Sa situation est en fait particulièrement paradoxale.

Le sport est de loin le secteur d’activités qui séduit le plus d’entreprises donatrices : 56% des entreprises mécènes font des dons dans le sport contre 28% dans la santé, 27% dans l’éducation, 23% dans le social ou la culture, 13% dans la solidarité internationale, 6% dans la recherche scientifique et 5% dans l’environnement.

Mais le sport ne reçoit au final que 5% du budget total du mécénat d’entreprise, soit « seulement » 140 millions d’euros. Il arrive largement derrière le secteur social (38%, soit plus d’un milliard d’euros), la santé (16%, 448 millions d’euros), la culture (13%, 364 millions d’euros), la recherche (12%, 336 millions d’euros) ou la solidarité internationale (8%, 224 millions d’euros).

Comment expliquer un tel décalage ?

Le sport est particulièrement apprécié des petites et moyennes entreprises pour son ancrage local et ses activités de proximité. 62% des très petites entreprises (TPE : 1 à 9 salariés) font ainsi des actions de mécénat dans le sport et 38% des petites et moyennes entreprises (PME : 10 à 249 salariés). Mais leurs capacités sont limitées : le don moyen d’une TPE mécène est de 5 573 euros et celui d’une PME de 17 610 euros.

Le sport touche par contre peu les grandes entreprises (250 salariés et plus), dont le don moyen dépasse les 493 000 euros.
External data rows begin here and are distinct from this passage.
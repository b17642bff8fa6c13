//! Where a phase begins: nodes are placed in both runs.
ghost use Rattle.std.specs.Prelude.{◌≡◌, ℕ, ◌<◌, ◌≤◌, length, slice_set, Contains};
ghost use Rattle.std.specs.Bool.{OnTrue};
ghost use Rattle.switch_paths.specs.declared.TheConstants.{RAILS};
ghost use Rattle.beside_run.specs.Words.{state_at, AreAgreed, IsIn, FitsBeside};
ghost use Rattle.part_words.specs.declared.change.Change.{Change};
ghost use Rattle.beside_run.specs.Running.{LagsAt, PlacesChange, PlacesChanges, PlacesSome};

use beside_phases::place_both;
use part_words::Change;
use switch_paths::{Graph, RAILS};
use ternary::Tern;
use unit_step::Machine;
use vicinity::NodeSet;

/// Places the nodes of the changes with which the good run's phase begins: in the good run as they say, and under the fault at the
/// states that are meant.
pub(crate) fn place_changes(
    machine: &mut Machine,
    good_graph: &Graph,
    graph: &Graph,
    changes: &[Change],
    state: &[Tern],
    good: &mut [Tern],
    apart: &mut NodeSet,
)
    requires fits { FitsBeside good_graph.now graph.now good.old apart.old.inside machine.old }
    requires inside { (change : Change) → Contains changes.now change → change.node < length good.old }
    requires rails { (change : Change) → Contains changes.now change → change.node < RAILS → state_at good.old change.node ≡ change.value }
    requires agreed { AreAgreed changes.now }
    requires counted { length state.now ≡ length machine.old.state }
    ensures { PlacesChanges good_graph.now graph.now changes.now state.now machine.old machine.new good.old good.new apart.new.inside }
{
    for change in changes {
        place_change(machine, good_graph, graph, change, state, good, apart);
    }
}

// Places the node of a change, if it is no rail: a rail has its state already.
fn place_change(
    machine: &mut Machine,
    good_graph: &Graph,
    graph: &Graph,
    change: &Change,
    state: &[Tern],
    good: &mut [Tern],
    apart: &mut NodeSet,
)
    requires fits { FitsBeside good_graph.now graph.now good.old apart.old.inside machine.old }
    requires inside { change.now.node < length good.old }
    requires rail { change.now.node < RAILS → state_at good.old change.now.node ≡ change.now.value }
    requires counted { length state.now ≡ length machine.old.state }
    ensures { PlacesChange good_graph.now graph.now change.now state.now machine.old machine.new good.old good.new apart.new.inside }
{
    let node = change.node;
    if node < RAILS {
        return;
    }
    let meant = state[node];
    let value = change.value;
    place_both(machine, good_graph, graph, node, value, meant, good, apart);
}

/// Places the nodes that were given states: in the good run they stay, and under the fault they get the states that are meant.
pub(crate) fn place_given(
    machine: &mut Machine,
    good_graph: &Graph,
    graph: &Graph,
    given: &NodeSet,
    state: &[Tern],
    good: &mut [Tern],
    apart: &mut NodeSet,
)
    requires fits { FitsBeside good_graph.now graph.now good.old apart.old.inside machine.old }
    requires inside { length given.now.inside ≡ length machine.old.state }
    requires free { (node : ℕ) → IsIn given.now.inside node → RAILS ≤ node }
    requires counted { length state.now ≡ length machine.old.state }
    requires lags { LagsAt given.now.list state.now machine.old.state }
    ensures places { PlacesSome good_graph.now graph.now machine.old machine.new good.new apart.new.inside }
    ensures good { good.new ≡ good.old }
    ensures state { machine.new.state ≡ state.now }
{
    let count = given.len();
    for place in 0..count {
        let node = given.at(place);
        place_meant(machine, good_graph, graph, node, state, good, apart);
    }
}

// Places a node that was given a state, unless it has that already: in the good run it stays.
fn place_meant(
    machine: &mut Machine,
    good_graph: &Graph,
    graph: &Graph,
    node: usize,
    state: &[Tern],
    good: &mut [Tern],
    apart: &mut NodeSet,
)
    requires fits { FitsBeside good_graph.now graph.now good.old apart.old.inside machine.old }
    requires inside { node < length machine.old.state }
    requires no_rail { RAILS ≤ node }
    requires counted { length state.now ≡ length machine.old.state }
    ensures places { PlacesSome good_graph.now graph.now machine.old machine.new good.new apart.new.inside }
    ensures good { good.new ≡ good.old }
    ensures state { machine.new.state ≡ slice_set machine.old.state node (state_at state.now node) }
{
    let meant = state[node];
    if has_state(machine.state(), node, meant) {
        return;
    }
    let value = good[node];
    place_both(machine, good_graph, graph, node, value, meant, good, apart);
}

// Whether a node has this state.
fn has_state(states: &[Tern], node: usize, value: Tern) -> bool
    requires { node < length states.now }
    ensures { OnTrue result (state_at states.now node ≡ value) }
{
    states[node] == value
}
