//! What a fault's trace tells.

/// How the trace of a fault's run differs from that of the good one.
#[derive(Clone, Copy, PartialEq, Eq)]
pub enum Verdict {
    /// The fault shows for certain, first in the waveform line of this number, counted from 1, at this
    /// entry of the watch list, counted from 0: one run has 0 there and the other 1.
    Detected { row: u64, entry: usize },
    /// The fault shows nowhere for certain, and this line of the script is refused under it.
    Refused { line: u64 },
    /// The fault may show, first in this line at this entry: the good run has 0 or 1 there, the other X.
    Possible { row: u64, entry: usize },
    /// The fault shows nowhere.
    Undetected,
}
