//! The lines of a list of faults.
ghost use Rattle.std.specs.Prelude.{◌≡◌, ◌<◌, ◌≤◌, IfOk, IfSome, is_some, true};
ghost use Rattle.fault_sim.specs.Words.{decimal_of, nodes, node_of, switch_numbered};
ghost use Rattle.fault_sim.specs.Faults.{fault_of, fault_of_line, fault_of_words, free_node, kind_of, number_of, IsFault};

use line_words::{LineFault, Words, check_line, decimal, is_comment, words};
use netlist::{Circuit, RAILS};
use ternary::Tern;
use thiserror::Error;

/// A fault of a circuit.
#[derive(Clone, Copy, PartialEq, Eq)]
pub enum Fault {
    /// The transistor of this number never conducts.
    Open(u64),
    /// The transistor of this number always conducts.
    Closed(u64),
    /// The node stays at this state, as an input node that nothing sets.
    Stuck(usize, Tern),
}

// The kind of a fault, as the first word of a line names it.
#[derive(Clone, Copy)]
enum Kind {
    Open,
    Closed,
    Zero,
    One,
}

/// Why a line of a list names no fault. If several causes stand together, the first here wins.
#[derive(Clone, Copy, Debug, Drop, Error, PartialEq, Eq)]
pub enum ListFault {
    /// The line has more bytes than a line may have.
    #[error("the line is too long")]
    LineTooLong,
    /// The line is no comment, and has a byte that is none of tab, space and 0x21 to 0x7e.
    #[error("a byte that may not stand in a line")]
    BadByte,
    /// The line isn't two words, of which the first is `open` or `closed` and the second a number,
    /// or the first is `zero` or `one`.
    #[error("no fault")]
    BadFault,
    /// No transistor has the number.
    #[error("no such transistor")]
    NoSuchSwitch,
    /// The name isn't in use.
    #[error("no such node")]
    UnknownNode,
    /// The node is Vdd or Gnd.
    #[error("the node is a rail")]
    Rail,
}

/// Reads a line of a list of faults in the circuit at the start: its fault, or None exactly if it
/// is no longer than a line may be and has no words or is a comment.
///
/// A fault is `open K` or `closed K`, for a transistor's number, or `zero NAME` or `one NAME`, for a
/// node. The refusals are those of `ListFault`, in its order.
pub fn read_fault(circuit: &Circuit, bytes: &[u8]) -> Result<Option<Fault>, ListFault>
    ensures value { result ≡ fault_of_line circuit.now bytes.now }
    ensures fault { IfOk result (λ found. IfSome found (IsFault circuit.now)) }
{
    match check_line(bytes) {
        Err(LineFault::TooLong) => Err(ListFault::LineTooLong),
        Err(LineFault::BadByte) => Err(ListFault::BadByte),
        Ok(()) if is_comment(bytes) => Ok(None),
        Ok(()) => read_words(circuit, words(bytes)),
    }
}

// The fault that the words of a line name.
fn read_words(circuit: &Circuit, mut words: Words<'_>) -> Result<Option<Fault>, ListFault>
    ensures value { result ≡ fault_of_words circuit.now words.entry }
    ensures fault { IfOk result (λ found. IfSome found (IsFault circuit.now)) }
{
    let Some(word) = words.next() else {
        return Ok(None);
    };
    let subject = words.next().ok_or(ListFault::BadFault)?;
    if words.next().is_some() {
        return Err(ListFault::BadFault);
    }
    let kind = kind_named(word).ok_or(ListFault::BadFault)?;
    Ok(Some(fault_on(circuit, kind, subject)?))
}

// The kind of fault that a word names.
fn kind_named(word: &[u8]) -> Option<Kind>
    ensures { result ≡ kind_of word.now }
{
    match word {
        b"open" => Some(Kind::Open),
        b"closed" => Some(Kind::Closed),
        b"zero" => Some(Kind::Zero),
        b"one" => Some(Kind::One),
        _ => None,
    }
}

// The fault of this kind on what a word says.
fn fault_on(circuit: &Circuit, kind: Kind, subject: &[u8]) -> Result<Fault, ListFault>
    ensures value { result ≡ fault_of circuit.now kind subject.now }
    ensures fault { IfOk result (IsFault circuit.now) }
{
    match kind {
        Kind::Open => Ok(Fault::Open(number(circuit, subject)?)),
        Kind::Closed => Ok(Fault::Closed(number(circuit, subject)?)),
        Kind::Zero => Ok(Fault::Stuck(node(circuit, subject)?, Tern::Zero)),
        Kind::One => Ok(Fault::Stuck(node(circuit, subject)?, Tern::One)),
    }
}

// The number of a transistor.
fn number(circuit: &Circuit, word: &[u8]) -> Result<u64, ListFault>
    ensures value { result ≡ number_of circuit.now (decimal_of word.now) }
    ensures there { IfOk result (λ number. is_some (switch_numbered circuit.now number) ≡ true) }
{
    let Some(number) = decimal(word) else {
        return Err(ListFault::BadFault);
    };
    if has_switch(circuit, number) {
        Ok(number)
    } else {
        Err(ListFault::NoSuchSwitch)
    }
}

// Whether a transistor has the number.
fn has_switch(circuit: &Circuit, number: u64) -> bool
    ensures { result ≡ is_some (switch_numbered circuit.now number) }
{
    let graph = circuit.graph();
    if number == 0 || graph.places() as u64 <= number - 1 {
        return false;
    }
    graph.switch_at(number as usize - 1).is_some()
}

// A node that may be stuck, by its name.
fn node(circuit: &Circuit, name: &[u8]) -> Result<usize, ListFault>
    ensures value { result ≡ free_node (node_of circuit.now.names name.now) }
    ensures there { IfOk result (λ node. (RAILS ≤ node) × (node < nodes circuit.now.graph)) }
{
    let Some(node) = circuit.find(name) else {
        return Err(ListFault::UnknownNode);
    };
    if node < RAILS {
        return Err(ListFault::Rail);
    }
    Ok(node)
}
On constate même que plus une entreprise française grandit, moins elle donne d’argent pour le sport. C’est ce que démontre une autre étude de l’Admical sur les entreprises du CAC 40 : 38% de ces dernières ont des actions de mécénat dans le sport, contre 49% dans la recherche, 59% dans la culture, 62% dans la santé ou l’environnement, 76% dans l’éducation et 89% dans le social ou la solidarité internationale. (http://85.31.208.126/admicalCMS/_admin/docUsers/documents/Admical_Conclusions_Panorama%20mecenat_CAC40_2013_public.pdf)

Cette désaffection des très grandes entreprises à l’égard du sport a un impact important. Chaque société du CAC 40 interrogée par Admical a donné en moyenne 19,2 M€ en 2012 en mécénat, et même plus de 20 millions d’euros pour Orange ou Renault, plus de 30 millions d’euros pour le Crédit agricole, Total, la Société générale, L’Oréal ou BNP, et plus de 40 millions d’euros pour Sanofi, Bouygues ou Axa !

Pourquoi une telle réticence au mécénat sportif ?

On pourrait estimer que beaucoup de grandes entreprises financent déjà le sport par le biais du sponsoring (qui inclut une contrepartie). Mais mécénat et sponsoring ne sont pas exclusifs. Au contraire même : 38% des entreprises mécènes font également du sponsoring, dont 86% des grandes entreprises.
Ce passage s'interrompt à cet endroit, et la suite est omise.